─── EXERCISE DATA
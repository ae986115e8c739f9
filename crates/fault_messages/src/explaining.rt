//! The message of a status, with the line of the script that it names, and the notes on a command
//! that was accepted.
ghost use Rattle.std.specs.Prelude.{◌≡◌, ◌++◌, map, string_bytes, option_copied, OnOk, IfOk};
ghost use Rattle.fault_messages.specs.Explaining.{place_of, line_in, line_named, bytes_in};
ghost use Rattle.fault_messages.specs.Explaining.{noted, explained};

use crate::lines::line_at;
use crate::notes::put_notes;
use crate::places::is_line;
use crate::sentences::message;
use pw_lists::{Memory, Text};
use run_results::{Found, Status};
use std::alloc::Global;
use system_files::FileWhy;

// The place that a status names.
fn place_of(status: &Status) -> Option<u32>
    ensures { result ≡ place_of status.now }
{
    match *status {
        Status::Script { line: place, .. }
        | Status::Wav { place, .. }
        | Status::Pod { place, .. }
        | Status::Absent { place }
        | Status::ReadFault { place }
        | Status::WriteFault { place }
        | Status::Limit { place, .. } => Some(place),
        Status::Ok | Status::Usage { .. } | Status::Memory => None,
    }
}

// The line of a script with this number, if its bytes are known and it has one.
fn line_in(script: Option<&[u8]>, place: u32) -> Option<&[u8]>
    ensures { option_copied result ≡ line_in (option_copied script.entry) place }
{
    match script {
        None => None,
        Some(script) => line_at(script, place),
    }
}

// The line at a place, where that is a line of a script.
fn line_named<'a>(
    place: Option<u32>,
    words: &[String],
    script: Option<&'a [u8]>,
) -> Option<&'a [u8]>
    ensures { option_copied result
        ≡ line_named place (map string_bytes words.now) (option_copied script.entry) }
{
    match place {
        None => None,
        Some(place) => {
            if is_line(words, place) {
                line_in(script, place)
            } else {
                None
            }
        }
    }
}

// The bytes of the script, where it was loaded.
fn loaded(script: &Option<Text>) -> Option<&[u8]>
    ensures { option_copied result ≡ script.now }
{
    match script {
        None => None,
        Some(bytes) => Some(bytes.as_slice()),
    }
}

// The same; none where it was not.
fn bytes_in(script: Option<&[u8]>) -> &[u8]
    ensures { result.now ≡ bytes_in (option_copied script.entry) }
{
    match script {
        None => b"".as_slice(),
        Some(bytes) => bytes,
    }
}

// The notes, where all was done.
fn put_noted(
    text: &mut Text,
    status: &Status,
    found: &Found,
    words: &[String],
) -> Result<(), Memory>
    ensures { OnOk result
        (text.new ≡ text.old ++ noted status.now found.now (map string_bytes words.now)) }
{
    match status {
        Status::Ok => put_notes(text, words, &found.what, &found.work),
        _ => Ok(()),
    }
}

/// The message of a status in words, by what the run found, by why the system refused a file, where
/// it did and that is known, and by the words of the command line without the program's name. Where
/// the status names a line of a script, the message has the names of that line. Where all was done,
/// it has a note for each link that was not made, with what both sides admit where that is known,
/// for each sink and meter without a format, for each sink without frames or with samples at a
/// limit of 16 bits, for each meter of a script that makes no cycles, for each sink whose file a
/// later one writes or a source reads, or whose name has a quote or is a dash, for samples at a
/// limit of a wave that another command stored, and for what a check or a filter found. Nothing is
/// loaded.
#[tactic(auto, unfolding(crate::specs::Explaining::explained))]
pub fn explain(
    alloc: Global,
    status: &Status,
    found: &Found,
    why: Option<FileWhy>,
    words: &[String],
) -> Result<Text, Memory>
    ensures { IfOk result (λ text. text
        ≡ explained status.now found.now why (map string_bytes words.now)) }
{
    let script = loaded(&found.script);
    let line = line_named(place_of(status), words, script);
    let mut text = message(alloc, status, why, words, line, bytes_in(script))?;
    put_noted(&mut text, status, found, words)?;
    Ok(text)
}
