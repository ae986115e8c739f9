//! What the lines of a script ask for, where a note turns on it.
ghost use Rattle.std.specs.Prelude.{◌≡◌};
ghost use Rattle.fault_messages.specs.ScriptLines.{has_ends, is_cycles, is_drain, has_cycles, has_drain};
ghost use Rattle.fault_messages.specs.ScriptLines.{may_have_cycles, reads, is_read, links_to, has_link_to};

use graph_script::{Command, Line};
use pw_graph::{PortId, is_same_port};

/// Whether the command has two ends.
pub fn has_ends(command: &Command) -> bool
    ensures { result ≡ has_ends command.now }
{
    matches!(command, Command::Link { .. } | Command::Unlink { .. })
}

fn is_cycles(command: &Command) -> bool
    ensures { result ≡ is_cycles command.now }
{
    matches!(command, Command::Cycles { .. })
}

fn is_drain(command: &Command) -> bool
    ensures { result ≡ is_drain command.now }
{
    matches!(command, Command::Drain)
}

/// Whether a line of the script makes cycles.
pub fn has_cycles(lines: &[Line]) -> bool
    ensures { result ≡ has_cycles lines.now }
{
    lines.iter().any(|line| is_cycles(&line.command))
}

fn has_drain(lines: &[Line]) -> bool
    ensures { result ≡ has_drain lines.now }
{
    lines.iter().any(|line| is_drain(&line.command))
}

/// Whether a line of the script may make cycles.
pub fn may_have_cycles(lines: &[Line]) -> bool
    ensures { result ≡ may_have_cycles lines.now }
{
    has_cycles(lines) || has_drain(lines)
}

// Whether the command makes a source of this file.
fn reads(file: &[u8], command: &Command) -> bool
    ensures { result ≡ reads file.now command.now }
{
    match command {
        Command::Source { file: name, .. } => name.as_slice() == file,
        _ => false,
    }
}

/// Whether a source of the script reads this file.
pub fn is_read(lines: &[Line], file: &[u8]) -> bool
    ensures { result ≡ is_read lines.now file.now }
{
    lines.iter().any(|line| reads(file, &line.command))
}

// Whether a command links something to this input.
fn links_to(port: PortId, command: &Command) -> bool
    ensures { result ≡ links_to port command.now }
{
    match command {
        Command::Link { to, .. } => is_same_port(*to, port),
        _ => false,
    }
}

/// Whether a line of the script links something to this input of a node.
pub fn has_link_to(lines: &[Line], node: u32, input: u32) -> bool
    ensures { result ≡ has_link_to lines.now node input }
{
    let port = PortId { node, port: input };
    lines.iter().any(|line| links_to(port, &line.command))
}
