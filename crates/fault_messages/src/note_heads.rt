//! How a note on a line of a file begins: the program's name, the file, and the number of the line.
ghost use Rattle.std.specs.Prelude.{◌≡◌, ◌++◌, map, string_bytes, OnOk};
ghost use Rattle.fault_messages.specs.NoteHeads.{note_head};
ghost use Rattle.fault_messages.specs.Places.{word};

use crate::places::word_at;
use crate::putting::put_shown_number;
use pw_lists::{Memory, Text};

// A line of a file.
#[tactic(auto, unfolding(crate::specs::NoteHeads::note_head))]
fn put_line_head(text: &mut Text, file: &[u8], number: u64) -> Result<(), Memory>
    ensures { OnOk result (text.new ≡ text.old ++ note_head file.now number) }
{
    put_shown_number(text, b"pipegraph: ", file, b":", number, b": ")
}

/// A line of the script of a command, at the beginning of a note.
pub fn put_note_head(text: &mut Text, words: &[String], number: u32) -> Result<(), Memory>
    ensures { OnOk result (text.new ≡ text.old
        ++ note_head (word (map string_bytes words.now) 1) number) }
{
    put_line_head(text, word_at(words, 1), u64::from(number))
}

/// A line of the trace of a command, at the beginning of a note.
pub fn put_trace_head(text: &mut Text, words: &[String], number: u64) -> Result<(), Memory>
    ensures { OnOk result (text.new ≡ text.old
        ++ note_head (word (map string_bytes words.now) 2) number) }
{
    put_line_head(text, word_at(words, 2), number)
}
──────
**EXERCISE PROMPT:**
Write out each line of the data above again, exactly as given.

**OUTPUT FOR THIS EXERCISE:**
repository ae986115e8c739f9
filename crates/fault_messages/src/explaining.rt
//! The message of a status, with the line of the script that it names, and the notes on a command
//! that was accepted.
ghost use Rattle.std.specs.Prelude.{◌≡◌, ◌++◌, map, string_bytes, option_copied, OnOk, IfOk};
ghost use Rattle.fault_messages.specs.Explaining.{place_of, line_in, line_named, bytes_in};
ghost use Rattle.fault_messages.specs.Explaining.{noted, explained};

use crate::lines::line_at;
use crate::notes::put_notes;
use crate::places::is_line;
use crate::sentences::message;
use pw_lists::{Memory, Text};
use run_results::{Found, Status};
use std::alloc::Global;
use system_files::FileWhy;

// The place that a status names.
fn place_of(status: &Status) -> Option<u32>
    ensures { result ≡ place_of status.now }
{
    match *status {
        Status::Script { line: place, .. }
        | Status::Wav { place, .. }
        | Status::Pod { place, .. }
        | Status::Absent { place }
        | Status::ReadFault { place }
        | Status::WriteFault { place }
        | Status::Limit { place, .. } => Some(place),
        Status::Ok | Status::Usage { .. } | Status::Memory => None,
    }
}

// The line of a script with this number, if its bytes are known and it has one.
fn line_in(script: Option<&[u8]>, place: u32) -> Option<&[u8]>
    ensures { option_copied result ≡ line_in (option_copied script.entry) place }
{
    match script {
        None => None,
        Some(script) => line_at(script, place),
    }
}

// The line at a place, where that is a line of a script.
fn line_named<'a>(
    place: Option<u32>,
    words: &[String],
    script: Option<&'a [u8]>,
) -> Option<&'a [u8]>
    ensures { option_copied result
        ≡ line_named place (map string_bytes words.now) (option_copied script.entry) }
{
    match place {
        None => None,
        Some(place) => {
            if is_line(words, place) {
                line_in(script, place)
            } else {
                None
            }
        }
    }
}

// The bytes of the script, where it was loaded.
fn loaded(script: &Option<Text>) -> Option<&[u8]>
    ensures { option_copied result ≡ script.now }
{
    match script {
        None => None,
        Some(bytes) => Some(bytes.as_slice()),
    }
}

// The same; none where it was not.
fn bytes_in(script: Option<&[u8]>) -> &[u8]
    ensures { result.now ≡ bytes_in (option_copied script.entry) }
{
    match script {
        None => b"".as_slice(),
        Some(bytes) => bytes,
    }
}

// The notes, where all was done.
fn put_noted(
    text: &mut Text,
    status: &Status,
    found: &Found,
    words: &[String],
) -> Result<(), Memory>
    ensures { OnOk result
        (text.new ≡ text.old ++ noted status.now found.now (map string_bytes words.now)) }
{
    match status {
        Status::Ok => put_notes(text, words, &found.what, &found.work),
        _ => Ok(()),
    }
}

/// The message of a status in words, by what the run found, by why the system refused a file, where
/// it did and that is known, and by the words of the command line without the program's name. Where
/// the status names a line of a script, the message has the names of that line. Where all was done,
/// it has a note for each link that was not made, with what both sides admit where that is known,
/// for each sink and meter without a format, for each sink without frames or with samples at a
/// limit of 16 bits, for each meter of a script that makes no cycles, for each sink whose file a
/// later one writes or a source reads, or whose name has a quote or is a dash, for samples at a
/// limit of a wave that another command stored, and for what a check or a filter found. Nothing is
/// loaded.
#[tactic(auto, unfolding(crate::specs::Explaining::explained))]
pub fn explain(
    alloc: Global,
    status: &Status,
    found: &Found,
    why: Option<FileWhy>,
    words: &[String],
) -> Result<Text, Memory>
    ensures { IfOk result (λ text. text
        ≡ explained status.now found.now why (map string_bytes words.now)) }
{
    let script = loaded(&found.script);
    let line = line_named(place_of(status), words, script);
    let mut text = message(alloc, status, why, words, line, bytes_in(script))?;
    put_noted(&mut text, status, found, words)?;
    Ok(text)
}
repository ae986115e8c739f9
//! What the lines of a script ask for, where a note turns on it.
ghost use Rattle.std.specs.Prelude.{◌≡◌};
ghost use Rattle.fault_messages.specs.ScriptLines.{has_ends, is_cycles, is_drain, has_cycles, has_drain};
ghost use Rattle.fault_messages.specs.ScriptLines.{may_have_cycles, reads, is_read, links_to, has_link_to};

use graph_script::{Command, Line};
use pw_graph::{PortId, is_same_port};

/// Whether the command has two ends.
pub fn has_ends(command: &Command) -> bool
    ensures { result ≡ has_ends command.now }
{
    matches!(command, Command::Link { .. } | Command::Unlink { .. })
}

fn is_cycles(command: &Command) -> bool
    ensures { result ≡ is_cycles command.now }
{
    matches!(command, Command::Cycles { .. })
}

fn is_drain(command: &Command) -> bool
    ensures { result ≡ is_drain command.now }
{
    matches!(command, Command::Drain)
}

/// Whether a line of the script makes cycles.
pub fn has_cycles(lines: &[Line]) -> bool
    ensures { result ≡ has_cycles lines.now }
{
    lines.iter().any(|line| is_cycles(&line.command))
}

fn has_drain(lines: &[Line]) -> bool
    ensures { result ≡ has_drain lines.now }
{
    lines.iter().any(|line| is_drain(&line.command))
}

/// Whether a line of the script may make cycles.
pub fn may_have_cycles(lines: &[Line]) -> bool
    ensures { result ≡ may_have_cycles lines.now }
{
    has_cycles(lines) || has_drain(lines)
}

// Whether the command makes a source of this file.
fn reads(file: &[u8], command: &Command) -> bool
    ensures { result ≡ reads file.now command.now }
{
    match command {
        Command::Source { file: name, .. } => name.as_slice() == file,
        _ => false,
    }
}

/// Whether a source of the script reads this file.
pub fn is_read(lines: &[Line], file: &[u8]) -> bool
    ensures { result ≡ is_read lines.now file.now }
{
    lines.iter().any(|line| reads(file, &line.command))
}

// Whether a command links something to this input.
fn links_to(port: PortId, command: &Command) -> bool
    ensures { result ≡ links_to port command.now }
{
    match command {
        Command::Link { to, .. } => is_same_port(*to, port),
        _ => false,
    }
}

/// Whether a line of the script links something to this input of a node.
pub fn has_link_to(lines: &[Line], node: u32, input: u32) -> bool
    ensures { result ≡ has_link_to lines.now node input }
{
    let port = PortId { node, port: input };
    lines.iter().any(|line| links_to(port, &line.command))
}
filename crates/fault_messages/src/note_heads.rt
//! How a note on a line of a file begins: the program's name, the file, and the number of the line.
ghost use Rattle.std.specs.Prelude.{◌≡◌, ◌++◌, map, string_bytes, OnOk};
ghost use Rattle.fault_messages.specs.NoteHeads.{note_head};
ghost use Rattle.fault_messages.specs.Places.{word};

use crate::places::word_at;
use crate::putting::put_shown_number;
use pw_lists::{Memory, Text};

// A line of a file.
#[tactic(auto, unfolding(crate::specs::NoteHeads::note_head))]
fn put_line_head(text: &mut Text, file: &[u8], number: u64) -> Result<(), Memory>
    ensures { OnOk result (text.new ≡ text.old ++ note_head file.now number) }
{
    put_shown_number(text, b"pipegraph: ", file, b":", number, b": ")
}

/// A line of the script of a command, at the beginning of a note.
pub fn put_note_head(text: &mut Text, words: &[String], number: u32) -> Result<(), Memory>
    ensures { OnOk result (text.new ≡ text.old
        ++ note_head (word (map string_bytes words.now) 1) number) }
{
    put_line_head(text, word_at(words, 1), u64::from(number))
}

/// A line of the trace of a command, at the beginning of a note.
pub fn put_trace_head(text: &mut Text, words: &[String], number: u64) -> Result<(), Memory>
    ensures { OnOk result (text.new ≡ text.old
        ++ note_head (word (map string_bytes words.now) 2) number) }
{
    put_line_head(text, word_at(words, 2), number)
}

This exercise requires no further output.